» **RECORDS SUPPLIED**
__________________________________________________
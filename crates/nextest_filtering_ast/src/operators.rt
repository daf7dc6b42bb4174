// The operators of the language, each as it was written.
use std::fmt;

/// How a negation was written.
#[derive(Clone, Copy, Debug, PartialEq, Eq)]
pub enum NotOperator {
    /// `not`
    LiteralNot,
    /// `!`
    Exclamation,
}

/// How a union was written.
#[derive(Clone, Copy, Debug, PartialEq, Eq)]
pub enum OrOperator {
    /// `or`
    LiteralOr,
    /// `|`
    Pipe,
    /// `+`
    Plus,
}

/// How an intersection was written.
#[derive(Clone, Copy, Debug, PartialEq, Eq)]
pub enum AndOperator {
    /// `and`
    LiteralAnd,
    /// `&`
    Ampersand,
}

/// How a difference was written.
#[derive(Clone, Copy, Debug, PartialEq, Eq)]
pub enum DifferenceOperator {
    /// `-`
    Minus,
}

/// An operator between the operands of a conjunction: those of intersections and differences bind
/// alike.
#[derive(Clone, Copy, Debug, PartialEq, Eq)]
pub enum Joint {
    /// Of an intersection.
    And(AndOperator),
    /// Of a difference.
    Minus(DifferenceOperator),
}

impl fmt::Display for NotOperator {
    ghost use Rattle.std.specs.Prelude.{Some};
    ghost use Rattle.nextest_filtering_ast.specs.Words.{not_word};

    ghost output = { λ it. Some (not_word it) };

    fn fmt<W: fmt::Write>(&self, f: &mut fmt::Formatter<W>) -> fmt::Result {
        match self {
            NotOperator::LiteralNot => f.write_str("not"),
            NotOperator::Exclamation => f.write_str("!"),
        }
    }
}

impl fmt::Display for OrOperator {
    ghost use Rattle.std.specs.Prelude.{Some};
    ghost use Rattle.nextest_filtering_ast.specs.Words.{or_word};

    ghost output = { λ it. Some (or_word it) };

    fn fmt<W: fmt::Write>(&self, f: &mut fmt::Formatter<W>) -> fmt::Result {
        match self {
            OrOperator::LiteralOr => f.write_str("or"),
            OrOperator::Pipe => f.write_str("|"),
            OrOperator::Plus => f.write_str("+"),
        }
    }
}

impl fmt::Display for AndOperator {
    ghost use Rattle.std.specs.Prelude.{Some};
    ghost use Rattle.nextest_filtering_ast.specs.Words.{and_word};

    ghost output = { λ it. Some (and_word it) };

    fn fmt<W: fmt::Write>(&self, f: &mut fmt::Formatter<W>) -> fmt::Result {
        match self {
            AndOperator::LiteralAnd => f.write_str("and"),
            AndOperator::Ampersand => f.write_str("&"),
        }
    }
}

impl fmt::Display for DifferenceOperator {
    ghost use Rattle.std.specs.Prelude.{Some};
    ghost use Rattle.nextest_filtering_ast.specs.Words.{minus_word};

    ghost output = { λ it. Some (minus_word it) };

    fn fmt<W: fmt::Write>(&self, f: &mut fmt::Formatter<W>) -> fmt::Result {
        match self {
            DifferenceOperator::Minus => f.write_str("-"),
        }
    }
}
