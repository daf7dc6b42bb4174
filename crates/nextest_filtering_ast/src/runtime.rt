// The predicates that only a test that runs can answer.
ghost use Rattle.std.specs.Prelude.{◌≡◌};
ghost use Rattle.nextest_filtering_ast.specs.Tree.{leaf_of};
ghost use Rattle.nextest_filtering_ast.specs.Runtime.{is_runtime_only};

use crate::leaf::ParsedLeaf;

impl ParsedLeaf {
    /// Whether only a test tells whether the predicate holds, and not its binary alone: `test`,
    /// `group` and `default`.
    pub fn is_runtime_only(&self) -> bool
        ensures { result ≡ is_runtime_only (leaf_of self.now) }
    {
        matches!(
            self,
            ParsedLeaf::Test(_, _) | ParsedLeaf::Group(_, _) | ParsedLeaf::Default(_)
        )
    }
}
__________________________________________________
» **TASK TO COMPLETE**
The entire set of entries, and nothing else, should be set down exactly.

» **OUTPUT OF THE TASK**
filename crates/nextest_filtering_ast/src/operators.rt
repository daf7dc6b42bb4174
// The operators of the language, each as it was written.
use std::fmt;

/// How a negation was written.
#[derive(Clone, Copy, Debug, PartialEq, Eq)]
pub enum NotOperator {
    /// `not`
    LiteralNot,
    /// `!`
    Exclamation,
}

/// How a union was written.
#[derive(Clone, Copy, Debug, PartialEq, Eq)]
pub enum OrOperator {
    /// `or`
    LiteralOr,
    /// `|`
    Pipe,
    /// `+`
    Plus,
}

/// How an intersection was written.
#[derive(Clone, Copy, Debug, PartialEq, Eq)]
pub enum AndOperator {
    /// `and`
    LiteralAnd,
    /// `&`
    Ampersand,
}

/// How a difference was written.
#[derive(Clone, Copy, Debug, PartialEq, Eq)]
pub enum DifferenceOperator {
    /// `-`
    Minus,
}

/// An operator between the operands of a conjunction: those of intersections and differences bind
/// alike.
#[derive(Clone, Copy, Debug, PartialEq, Eq)]
pub enum Joint {
    /// Of an intersection.
    And(AndOperator),
    /// Of a difference.
    Minus(DifferenceOperator),
}

impl fmt::Display for NotOperator {
    ghost use Rattle.std.specs.Prelude.{Some};
    ghost use Rattle.nextest_filtering_ast.specs.Words.{not_word};

    ghost output = { λ it. Some (not_word it) };

    fn fmt<W: fmt::Write>(&self, f: &mut fmt::Formatter<W>) -> fmt::Result {
        match self {
            NotOperator::LiteralNot => f.write_str("not"),
            NotOperator::Exclamation => f.write_str("!"),
        }
    }
}

impl fmt::Display for OrOperator {
    ghost use Rattle.std.specs.Prelude.{Some};
    ghost use Rattle.nextest_filtering_ast.specs.Words.{or_word};

    ghost output = { λ it. Some (or_word it) };

    fn fmt<W: fmt::Write>(&self, f: &mut fmt::Formatter<W>) -> fmt::Result {
        match self {
            OrOperator::LiteralOr => f.write_str("or"),
            OrOperator::Pipe => f.write_str("|"),
            OrOperator::Plus => f.write_str("+"),
        }
    }
}

impl fmt::Display for AndOperator {
    ghost use Rattle.std.specs.Prelude.{Some};
    ghost use Rattle.nextest_filtering_ast.specs.Words.{and_word};

    ghost output = { λ it. Some (and_word it) };

    fn fmt<W: fmt::Write>(&self, f: &mut fmt::Formatter<W>) -> fmt::Result {
        match self {
            AndOperator::LiteralAnd => f.write_str("and"),
            AndOperator::Ampersand => f.write_str("&"),
        }
    }
}

impl fmt::Display for DifferenceOperator {
    ghost use Rattle.std.specs.Prelude.{Some};
    ghost use Rattle.nextest_filtering_ast.specs.Words.{minus_word};

    ghost output = { λ it. Some (minus_word it) };

    fn fmt<W: fmt::Write>(&self, f: &mut fmt::Formatter<W>) -> fmt::Result {
        match self {
            DifferenceOperator::Minus => f.write_str("-"),
        }
    }
}
repository daf7dc6b42bb4174
filename crates/nextest_filtering_ast/src/runtime.rt
// The predicates that only a test that runs can answer.
ghost use Rattle.std.specs.Prelude.{◌≡◌};
ghost use Rattle.nextest_filtering_ast.specs.Tree.{leaf_of};
ghost use Rattle.nextest_filtering_ast.specs.Runtime.{is_runtime_only};

use crate::leaf::ParsedLeaf;

impl ParsedLeaf {
    /// Whether only a test tells whether the predicate holds, and not its binary alone: `test`,
    /// `group` and `default`.
    pub fn is_runtime_only(&self) -> bool
        ensures { result ≡ is_runtime_only (leaf_of self.now) }
    {
        matches!(
            self,
            ParsedLeaf::Test(_, _) | ParsedLeaf::Group(_, _) | ParsedLeaf::Default(_)
        )
    }
}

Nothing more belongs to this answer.